Two recent portfolio transactions encompassing four properties in each acquisition are prime examples of this demand.

In the first transaction, KKR acquired four Greater Atlanta industrial distribution properties representing 1.6 million square feet for an aggregate purchase price of approximately $136 million. The properties were acquired from four different sellers.

The newly acquired properties consist of three shallow-bay last-mile distribution properties with an average vintage of 2006. The fourth property is a fulfillment center completed in 2020 which is leased to an investment-grade tenant on a long-term basis.

“These acquisitions are part of our ongoing effort to expand our industrial portfolio across high-growth Sunbelt markets,” said Roger Morales, KKR partner and head of commercial real estate acquisitions in the Americas.

KKR is making the investment in the three smaller properties through its Real Estate Partners Americas Fund II. The fourth property is an investment by KKR’s core-plus real estate strategy and the first industrial investment by the core-plus real estate strategy in Atlanta.

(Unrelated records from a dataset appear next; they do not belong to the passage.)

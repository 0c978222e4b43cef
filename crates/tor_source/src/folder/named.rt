//! Files that are named one by one, looked for below a folder.
ghost use Rattle.std.specs.Prelude.{◌≡◌, ◌≢◌, ◌≤◌, ◌++◌, ◌∷◌, ℕ, List, [], IfOk, OnOk, length, take};
ghost use Rattle.tor_source.specs.steps.Named.{HasLookedFor, IsSought};

use crate::faults::{ScanFault, is_absence};
use crate::folder::found::{FoundFiles, add_file, none_found, refuse_last};
use crate::folder::listed_file::ListedFile;
use crate::folder::open_folders::OpenFolders;
use crate::refused::{Refusal, kind_of};
use std::alloc::{AllocError, Global};
use std::io::{self, ErrorKind};
use std::os::fd::AsRawFd;
use std::rt::Files;
use tor_tree::{FilePath, MAX_NAMES, Name};

/// The most bytes of a name that Linux's own file systems have.
const MAX_NAME: usize = 255;

/// The folders that lead to the file that was looked for last, as far as they are known to be folders.
#[derive(Drop)]
pub(crate) struct LeadingFolders<R: Files> {
    names: Vec<Name>,
    open: OpenFolders<R>,
}

impl<R: Files> LeadingFolders<R>
where
    R::File: AsRawFd,
{
    /// At the top folder, before any file is looked for.
    pub(crate) fn at_top(
        rt: &R,
        alloc: Global,
        root: &str,
    ) -> Result<LeadingFolders<R>, ScanFault> {
        Ok(LeadingFolders {
            names: Vec::new(alloc),
            open: OpenFolders::at_top(rt, alloc, root)?,
        })
    }
}

/// What a path leads to, if a file is looked for.
#[derive(Drop)]
pub(crate) enum Sought {
    File(ListedFile),
    NotTaken(Refusal),
}

/// What is found of these files below a folder, which has to be at its place still when all were looked for. A folder
/// that leads to the file before, too, is not asked for again.
pub(crate) fn find<R: Files>(
    rt: &R,
    alloc: Global,
    root: &str,
    files: &[FilePath],
) -> Result<FoundFiles, ScanFault>
where
    R::File: AsRawFd,
    ensures { IfOk result (HasLookedFor files.now) }
{
    let mut leading = LeadingFolders::at_top(rt, alloc, root)?;
    find_from_top(rt, alloc, &mut leading, files)
}

// What is found of these files, looked for from the top folder on, which has to be at its place still when all were
// looked for.
fn find_from_top<R: Files>(
    rt: &R,
    alloc: Global,
    leading: &mut LeadingFolders<R>,
    files: &[FilePath],
) -> Result<FoundFiles, ScanFault>
where
    R::File: AsRawFd,
    ensures { IfOk result (HasLookedFor files.now) }
{
    let mut found = none_found(alloc);
    'files: for file in files {
        let sought = look_for(rt, alloc, leading, file.names())?;
        settle(alloc, sought, file, &mut found)?;
    }
    leading.open.judge_top(rt)?;
    Ok(found)
}

// Adds a file more, or what is refused, by what its path leads to.
fn settle(
    alloc: Global,
    sought: Sought,
    file: &FilePath,
    found: &mut FoundFiles,
) -> Result<(), AllocError>
    requires { IsSought (length file.now) sought }
    ensures { (files : List (List (List ℕ))) → HasLookedFor files found.old →
        OnOk result (HasLookedFor (files ++ file.now ∷ []) found.new) }
{
    match sought {
        Sought::File(listed) => add_file(alloc, listed, file.names(), found),
        Sought::NotTaken(refusal) => refuse_last(alloc, file.names(), refusal, found),
    }
}

/// What these names lead to. A fault of the system refuses it, but for want of memory.
pub(crate) fn look_for<R: Files>(
    rt: &R,
    alloc: Global,
    leading: &mut LeadingFolders<R>,
    names: &[Name],
) -> Result<Sought, ScanFault>
where
    R::File: AsRawFd,
    ensures { IfOk result (IsSought (length names.now)) }
{
    match sought_at(rt, alloc, leading, names) {
        Ok(sought) => Ok(sought),
        Err(fault) if matches!(fault.kind(), ErrorKind::OutOfMemory) => Err(ScanFault::Memory),
        Err(fault) if says_missing(names, fault.kind()) => Ok(Sought::NotTaken(Refusal::Missing)),
        Err(fault) => Ok(Sought::NotTaken(Refusal::System(fault))),
    }
}

// Whether a fault of this kind says that these names lead to nothing. A longer name than `MAX_NAME` that the
// system refuses is one that nothing has; but what stands at a place that is too long for it is not told.
fn says_missing(names: &[Name], kind: ErrorKind) -> bool {
    match kind {
        ErrorKind::InvalidFilename => names.iter().any(|name| name.as_str().len() > MAX_NAME),
        kind => is_absence(kind),
    }
}

fn sought_at<R: Files>(
    rt: &R,
    alloc: Global,
    leading: &mut LeadingFolders<R>,
    names: &[Name],
) -> io::Result<Sought>
where
    R::File: AsRawFd,
    ensures { IfOk result (IsSought (length names.now)) }
{
    if names.len() > MAX_NAMES {
        return Ok(Sought::NotTaken(Refusal::TooDeep));
    }
    let (folders, _) = names.split_at(names.len().saturating_sub(1));
    let known = common(&leading.names, folders);
    leading.names.truncate(known);
    leading.open.leave(rt, alloc, known);
    if let Some(refusal) = go_on(rt, alloc, leading, folders)? {
        return Ok(Sought::NotTaken(refusal));
    }
    let metadata = leading.open.metadata_of(rt, names)?;
    if !metadata.is_file() {
        return Ok(Sought::NotTaken(Refusal::NotRegular(kind_of(&metadata))));
    }
    Ok(Sought::File(ListedFile::of(&metadata)))
}

// How many names both begin with.
fn common(one: &[Name], other: &[Name]) -> usize
    ensures within { result ≤ length one.now }
    ensures same { take result one.now ≡ take result other.now }
{
    let most = one.len().min(other.len());
    for index in 0..most {
        if one[index] != other[index] {
            return index;
        }
    }
    most
}

// Goes into the folders that are not known yet; or why one of them is not gone into.
fn go_on<R: Files>(
    rt: &R,
    alloc: Global,
    leading: &mut LeadingFolders<R>,
    folders: &[Name],
) -> io::Result<Option<Refusal>>
where
    R::File: AsRawFd,
{
    for depth in leading.names.len()..folders.len() {
        let (above, _) = folders.split_at(depth + 1);
        let metadata = leading.open.metadata_of(rt, above)?;
        if metadata.is_file() {
            return Ok(Some(Refusal::Missing));
        }
        if !metadata.is_dir() {
            return Ok(Some(Refusal::NotRegular(kind_of(&metadata))));
        }
        leading.open.go_into(rt, alloc, above, &metadata)?;
        leading.names.push(folders[depth].copy(alloc)?)?;
    }
    Ok(None)
}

In the second industrial buy, Elion Partners acquired four West Coast last-mile industrial distribution assets for a total of $83 million. The acquisitions comprise 425,000 square feet spread across Vista and Union City, CA along with San Diego and Everett, WA.

“The assets complement our last-mile portfolio well with characteristics prudent to logistics real estate such as clear height and turning radius,” said Shlomo Khoudari, managing partner at Elion. “With the addition of these assets, we expand our footprint in important locations across the West Coast and benefit from immediate operational cost-saving efficiencies.”

This acquisition is another in a series of acquisitions the firm has planned for its last-mile portfolio aggregation strategy. In September, Elion acquired a 110,663-square-foot last-mile industrial distribution asset located in El Cajon, a submarket 15 miles east of central San Diego.

Elion plans to continue pursuing an investment strategy focused on first, middle and last-mile logistics assets, targeting core urban logistics hubs near large population centers in infill coastal markets including Seattle, San Francisco and Southern California.

Distribution center leasing momentum is pronounced across a broad range of industries and cities led by Southern California, New Jersey/New York, Dallas and Atlanta, according to Prologis.